A red-breasted nuthatch spotted during the 100 Mile House Christmas Bird Count. (Susan Gower photo)

A red-breasted nuthatch spotted during the 100 Mile House Christmas Bird Count. (Susan Gower photo)

Birds all a-twitter in annual Christmas count

There were 24 species of birds found in 100 Mile House last month

The 100 Mile House Christmas Bird Count found 1,316 individual birds, despite frigid temperatures.

Bird count coordinator Paul Foth said the day of the count, Dec. 17, was the beginning of a cold snap that lasted for two weeks. Despite the -20C temperatures, 14 intrepid birders went out into the field, while three others watched their bird feeders at home.

Although more individual birds were spotted this year, the species count was down to 29, from 44 last year when it was unusually warm.

“The most common birds were ravens, American crows, Bohemian waxwings, Pine Grosbeaks and Black-capped chickadees. Those are all pretty normal for the winter and this was our highest count on record for pine grosbeaks at 143 this year,” Foss said.

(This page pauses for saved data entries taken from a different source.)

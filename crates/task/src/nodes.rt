//! The nodes of a task's tree.

ghost use Rattle.std.specs.Prelude.{◌≡◌};
ghost use Rattle.file_tree.specs.Nodes.{node};
ghost use Rattle.file_tree.specs.Places.{begins, place_text};
ghost use Rattle.task.specs.Views.{nodes_of};

use file_tree::{Kind, Place};

/// A node of the tree that a task starts with. Its number is its place in the list of nodes.
#[derive(Drop)]
pub struct TaskNode {
    pub kind: Kind,
    pub place: Place,
    /// A file's bytes, or a link's target. A directory has none.
    pub content: Vec<u8>,
}

/// Whether the place of a node, by its number, begins with another. One that isn't there counts as the root.
pub fn node_begins(nodes: &[TaskNode], number: u16, front: &Place) -> bool
    ensures { result ≡ begins front.now (node (nodes_of nodes.now) number).place }
{
    match nodes.get(number as usize) {
        Some(node) => node.place.begins_with(front),
        None => front.is_root(),
    }
}

/// The place of a node, by its number, as it is printed. One that isn't there counts as the root.
pub fn node_text(nodes: &[TaskNode], number: u16) -> &[u8]
    ensures { result.now ≡ place_text (node (nodes_of nodes.now) number).place }
{
    match nodes.get(number as usize) {
        Some(node) => node.place.text(),
        None => b"/",
    }
}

Pine grosbeak tends to feed on fruit, bugs and even salt and grit from the road and are tame compared with most birds, he noted. In fact, he nearly ran a flock of them over and had to get out of his car to scare them away.

The place that proved one of the best places to find birds was the landfill off Exter Road. Ravens, crows and starlings were found in abundance as well as 27 of the 33 Bald Eagles recorded in the count. Bald Eagles are scavengers and with the waterways frozen, they seem to be falling back on the dump for food.

Foth said they didn’t encounter any birds in distress during the count as the species that are still out and about are hardy and well adapted to the cold.

One of the most unusual species spotted this year was a Black-billed magpie, found on Canim-Hendrix road by Susan Gower and Andy Karassowitsch. Black-billed magpies are rarely found around 100 Mile House, Foth said, preferring dry and warmer elevations, such as Clinton.

Waterfowl such as ducks and loons were completely absent from the count, including the American dipper usually found along Bridge Creek. Foth said the majority of those birds have flown south to warmer climates, as most of their watering holes have frozen over. Two unknown waterfowl were spotted flying southwards but were too high up for positive identification.

“If you’re doing a Christmas bird count in southern B.C., especially somewhere warmer like Vancouver Island or the Fraser Valley you get a lot of waterfowl species and a much higher species count than you get up here,” Foth said. “I was involved in counts in the Fraser Valley where we’d break 100 species.”

Foth said he’d like a few more volunteers next year to round things out. This year, he said some teams were covering multiple zones during the count. Ideally, he’d like teams to only focus on one zone, which will increase the chance of encountering more birds overall.